• [ACTIVITY]:
Out of the data below, copy every line with the string "static".

[Saved data entries]
BEGIN

//! Rule files under the words of `run`: options, limits, steps that are printed, and rules that are left out.

use super::rewriting::{REWRITTEN, step};
use super::texts::{ADD_ZERO, MOVED, RULE};
use super::{Case, REFUSED, Text, all_end, uncounted};
use crate::program::Ended;
use nir_ir::{Step, ValueId};

/// A rule under options.
const OPTIONAL: Case<'static> = Case {
    rules: Text::Whole(
        b"[(('iadd', 'a@8', 0), 'a', '!options->keep_add && (options->a || options->b)'), by * cases]",
    ),
    ..REWRITTEN
};

/// Nothing is done.
const KEPT: Case<'static> = Case {
    out: ADD_ZERO,
    journal: &[],
    ..OPTIONAL
};

static OPTIONS: [Case; 6] = [
    KEPT,
    Case {
        words: &[b"r", b"--option=a"],
        ..OPTIONAL
    },
    Case {
        words: &[b"r", b"--option=b", b"--option=b", b"--option=_1"],
        ..OPTIONAL
    },
    Case {
        words: &[b"r", b"--option=a", b"--option=keep_add"],
        ..KEPT
    },
    Case {
        words: &[b"r", b"--option=keep"],
        ..KEPT
    },
    // a rule without options
    Case {
        words: &[b"r", b"--option=keep_add"],
        ..REWRITTEN
    },
];

#[test]
fn a_rule_is_used_where_its_options_hold(rt: HostRuntime) {
    all_end(&rt, rt.alloc(), &OPTIONS);
}

/// A rule whose sides differ, and one that is accepted.
const BOTH: &[u8] =
    b"[(('isub', 'a@8', 'b'), ('isub', b, a)), by * cases, (('iadd', 'a@8', 0), 'a'), by * cases]";

/// The shader with a move, and the step to it.
const REMARKED: &[u8] = br"shader
inputs [w8x1]
outputs [w8x1]
buffers 0
{
  block b0 {
    %0 = input w8x1 @0
    %1 = const w8x1 (0)
    %2 = mov w8x1 %0
    output @0, %2
  }
}
# rule 1 variant 0 value 2
";

static SKIPPED: [Case; 4] = [
    Case {
        words: &[b"r", b"--skip"],
        rules: Text::Whole(BOTH),
        notes: b"skipped rule 0 typing 0: cases differ at 0, 1\n",
        journal: &[step!(2, 1, 0)],
        ..REWRITTEN
    },
    Case {
        words: &[b"r", b"--remarks", b"--limit=5", b"--skip"],
        rules: Text::Whole(BOTH),
        out: REMARKED,
        notes: b"skipped rule 0 typing 0: cases differ at 0, 1\n",
        limit: 5,
        journal: &[step!(2, 1, 0)],
        ..REWRITTEN
    },
    Case {
        words: &[b"r", b"--skip", b"--limit=5", b"--remarks"],
        rules: Text::Whole(BOTH),
        out: REMARKED,
        notes: b"skipped rule 0 typing 0: cases differ at 0, 1\n",
        limit: 5,
        journal: &[step!(2, 1, 0)],
        ..REWRITTEN
    },
    // the shader is refused behind the rules
    Case {
        words: &[b"r", b"--skip"],
        rules: Text::Whole(BOTH),
        shader_fail: &[0],
        number: 3,
        notes: b"skipped rule 0 typing 0: cases differ at 0, 1\nread failed: shader\n",
        ..REFUSED
    },
];

#[test]
fn rules_that_are_not_accepted_are_left_out(rt: HostRuntime) {
    all_end(&rt, rt.alloc(), &SKIPPED);
}

static LIMITS: [Case; 5] = [
    Case {
        words: &[b"r", b"--limit=0"],
        rules: Text::Whole(RULE),
        notes: b"stopped at 0 rewrites\n",
        limit: 0,
        stopped: true,
        ..KEPT
    },
    Case {
        words: &[b"r", b"--limit=1"],
        limit: 1,
        ..REWRITTEN
    },
    Case {
        words: &[b"r", b"--limit=1000000"],
        limit: 1_000_000,
        ..REWRITTEN
    },
    // a weight in the file counts
    Case {
        rules: Text::Whole(b"[weight iadd 60, (('iadd', 'a@8', 0), 'a'), by * cases]"),
        out: MOVED,
        limit: 4156,
        ..REWRITTEN
    },
    Case {
        rules: Text::Whole(b"[(('iadd', 'a@8', 0), 'a'), by * cases, weight iadd 0]"),
        out: MOVED,
        limit: 4096,
        ..REWRITTEN
    },
];

#[test]
fn a_limit_stops_a_run(rt: HostRuntime) {
    all_end(&rt, rt.alloc(), &LIMITS);
}

/// A sum of two inputs.
const SUM: &[u8] = br"shader
inputs [w8x1, w8x1]
outputs [w8x1]
buffers 0
{
  block b0 {
    %0 = input w8x1 @0
    %1 = input w8x1 @1
    %2 = iadd w8x1 %0, %1
    output @0, %2
  }
}
";

/// The operands the other way round.
const TURNED: &[u8] = br"shader
inputs [w8x1, w8x1]
outputs [w8x1]
buffers 0
{
  block b0 {
    %0 = input w8x1 @0
    %1 = input w8x1 @1
    %2 = iadd w8x1 %1, %0
    output @0, %2
  }
}
";

/// A rule that undoes itself.
const ENDLESS: Case<'static> = Case {
    rules: Text::Whole(b"[(('iadd', 'a@8', b), ('iadd', b, a)), by * cases]"),
    shader: Text::Whole(SUM),
    ..REWRITTEN
};

#[test]
fn a_rule_that_undoes_itself_is_stopped(rt: HostRuntime) {
    let left = uncounted(rt.alloc(), &ENDLESS).expect(&rt, "memory");
    assert_eq!(&rt; left.ended.number(), 0);
    assert_eq!(&rt; left.sinks.out.taken(), TURNED);
    let line: &[u8] = b"stopped at 4097 rewrites\n";
    assert_eq!(&rt; left.sinks.notes.taken(), line);
    match &left.ended {
        Ended::Run(report) => {
            assert_eq!(&rt; [report.rewrites, report.limit], [4097, 4097]);
            assert_eq!(&rt; report.stopped, true);
        }
        Ended::Check(_) | Ended::Eval(_) => assert_eq!(&rt; true, false),
    }
}

/// Rules that are not accepted.
const NOT_ACCEPTED: Case<'static> = Case {
    number: 6,
    ..REFUSED
};

static CAUSES: [Case; 8] = [
    Case {
        rules: Text::Whole(b"[(('iadd', 'a@8', 0), ('iadd', a, ('u2u8', 0))), by * cases]"),
        notes: b"rules: rule 0: node 3 has no size\n",
        ..NOT_ACCEPTED
    },
    Case {
        rules: Text::Whole(b"[(('iadd', 'a@8', 'b@16'), a), by * cases]"),
        notes: b"rules: rule 0: no sizes\n",
        ..NOT_ACCEPTED
    },
    Case {
        rules: Text::Whole(
            b"[(('bcsel', 'c@1', 'a@8', 'b@8'), ('bcsel', ('inot', c), b, a)), by * cases]",
        ),
        notes: b"rules: rule 0 typing 0: too many cases\n",
        ..NOT_ACCEPTED
    },
    Case {
        rules: Text::Whole(b"[(('udiv', a, 1), a)]"),
        notes: b"rules: rule 0 typing 0: no evidence\n",
        ..NOT_ACCEPTED
    },
    // two typings, of which one has no evidence, or other sides
    Case {
        rules: Text::Whole(b"[(('iand', 'a@8', ('u2u8', 65536)), 0), by 1 cases]"),
        notes: b"rules: rule 0 typing 0: no evidence\n",
        ..NOT_ACCEPTED
    },
    Case {
        rules: Text::Whole(b"[(('iand', 'a@8', ('u2u8', 65536)), 0), by 0 cases, by 2 cases]"),
        notes: b"rules: rule 0 typing 1: no evidence\n",
        ..NOT_ACCEPTED
    },
    Case {
        rules: Text::Whole(
            b"[(('iand', 'a@8', ('u2u8', ('bit_count', -65536))), ('iand', a, 16)), by * cases]",
        ),
        notes: b"rules: rule 0 typing 1: cases differ at 32\n",
        ..NOT_ACCEPTED
    },
    Case {
        rules: Text::Whole(b"[(('udiv', a, 1), a), by * derive [(57, [])]]"),
        notes: b"rules: rule 0 typing 0: derivation step 0: no law\n",
        ..NOT_ACCEPTED
    },
];

#[test]
fn the_cause_of_a_refusal_is_told(rt: HostRuntime) {
    all_end(&rt, rt.alloc(), &CAUSES);
}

END

• [WRITTEN RESPONSE]:
const OPTIONAL: Case<'static> = Case {
const KEPT: Case<'static> = Case {
static OPTIONS: [Case; 6] = [
static SKIPPED: [Case; 4] = [
static LIMITS: [Case; 5] = [
const ENDLESS: Case<'static> = Case {
const NOT_ACCEPTED: Case<'static> = Case {
static CAUSES: [Case; 8] = [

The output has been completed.